Look through the data below for the line with "Control Of Query" and the line with "pub struct BKey<'a>", then output those two and all lines in between, exactly as written.

** Opening Information provided block **

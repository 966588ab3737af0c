//! A statement with its names bound.
ghost use Rattle.sql_bound.specs.Fits.{FitsWithIndexes, FittingArePlannable};

use crate::BExpr;
use sql_tree::Cut;
use sql_value::Collation;

/// The most tables of FROM.
pub const MOST_ITEMS: usize = 64;

/// The most conditions that AND joins in the ON conditions and WHERE together.
pub const MOST_CONJUNCTS: usize = 256;

/// A table of FROM, or the one that an UPDATE or DELETE changes.
#[derive(Clone, Copy)]
pub struct BItem<'a> {
    /// The number of its table in the schema.
    pub table: u32,
    pub alias: Option<&'a [u8]>,
    /// Whether CROSS JOIN stands before it, which fixes its place in the join order
    /// (<https://sqlite.org/optoverview.html>, "Manual Control Of Query Plans Using CROSS JOIN").
    pub cross: bool,
    /// Whether LEFT JOIN stands before it, so that it has a missing row where no row fits.
    pub left: bool,
}

/// A member of the AND of the statement's ON and WHERE conditions.
#[derive(Clone, Copy)]
pub struct Conjunct<'a> {
    pub expr: &'a BExpr<'a>,
    /// The item of the LEFT JOIN whose ON it is of. A conjunct of any other condition is common.
    pub owner: Option<u32>,
}

/// A key of ORDER BY, with the collation that it compares texts by.
#[derive(Clone, Copy)]
pub struct BKey<'a> {
    pub expr: &'a BExpr<'a>,
    pub coll: Collation,
    /// Whether it falls.
    pub desc: bool,
}

/// A bound SELECT, or what an UPDATE or DELETE looks for: the rowids of the rows that it changes.
#[derive(Clone, Copy)]
pub struct Bound<'a> {
    /// In the order of FROM.
    pub items: &'a [BItem<'a>],
    /// Whether the statement is an UPDATE or DELETE, which has no results.
    pub rowids: bool,
    pub results: &'a [&'a BExpr<'a>],
    /// Those of the ON conditions in the order of FROM, then those of WHERE, numbered from 0.
    pub conjuncts: &'a [Conjunct<'a>],
    /// The first one orders first.
    pub keys: &'a [BKey<'a>],
    pub limit: Option<Cut>,
    pub offset: Option<Cut>,
    /// For each item the numbers of the columns that the statement needs of it, rising, without the
    /// alias of the rowid.
    pub needs: &'a [&'a [u32]],
}

/// A law: a statement that fits a schema fits it with an index more.
pub fn added_indexes_keep_fits()
    ensures { FitsWithIndexes }
{}

/// A law: a statement that fits a schema is one that the laws of plans speak of.
pub fn fitting_statements_are_plannable()
    ensures { FittingArePlannable }
{}
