//! Which items an expression names.
ghost use Rattle.std.specs.Prelude.{◌≡◌};
ghost use Rattle.sql_meaning.specs.Expressions.{names, all_names};
ghost use Rattle.sql_meaning.specs.Statements.{has_number};
ghost use Rattle.sql_bound.specs.Expressions.{expr_of, members_of};

use crate::{BExpr, BExprs};

/// Whether an expression names the item. Takes no memory; the recursion is as deep as the
/// expression.
#[cycle(names_item)]
#[tactic(auto, using(crate::proofs::Members::seen_lists))]
pub fn names_item(expr: &BExpr, item: u32) -> bool
    ensures { result ≡ has_number item (names (expr_of expr.now)) }
{
    match expr {
        BExpr::Lit(_) => false,
        BExpr::Param(_) => false,
        BExpr::Column { item: named, .. } => item == *named,
        BExpr::Rowid { item: named } => item == *named,
        BExpr::Plus(inner) => names_item(inner, item),
        BExpr::Collate(inner, _) => names_item(inner, item),
        BExpr::Cmp { left, right, .. } => names_item(left, item) || names_item(right, item),
        BExpr::OneOf { left, entries, .. } => names_item(left, item) || some_names(entries, item),
        BExpr::Like(_, left, pattern) => names_item(left, item) || names_item(pattern, item),
        BExpr::IsNull(_, inner) => names_item(inner, item),
        BExpr::Not(inner) => names_item(inner, item),
        BExpr::All(members) => some_names(members, item),
        BExpr::Any(members) => some_names(members, item),
    }
}

#[cycle(names_item)]
fn some_names(list: &BExprs, item: u32) -> bool
    ensures { result ≡ has_number item (all_names (members_of list.now)) }
{
    for member in list.members {
        if names_item(member, item) {
            return true;
        }
    }
    false
}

** Closing Information provided block **

Answer area
    /// (<https://sqlite.org/optoverview.html>, "Manual Control Of Query Plans Using CROSS JOIN").
    pub cross: bool,
    /// Whether LEFT JOIN stands before it, so that it has a missing row where no row fits.
    pub left: bool,
}

/// A member of the AND of the statement's ON and WHERE conditions.
#[derive(Clone, Copy)]
pub struct Conjunct<'a> {
    pub expr: &'a BExpr<'a>,
    /// The item of the LEFT JOIN whose ON it is of. A conjunct of any other condition is common.
    pub owner: Option<u32>,
}

/// A key of ORDER BY, with the collation that it compares texts by.
#[derive(Clone, Copy)]
pub struct BKey<'a> {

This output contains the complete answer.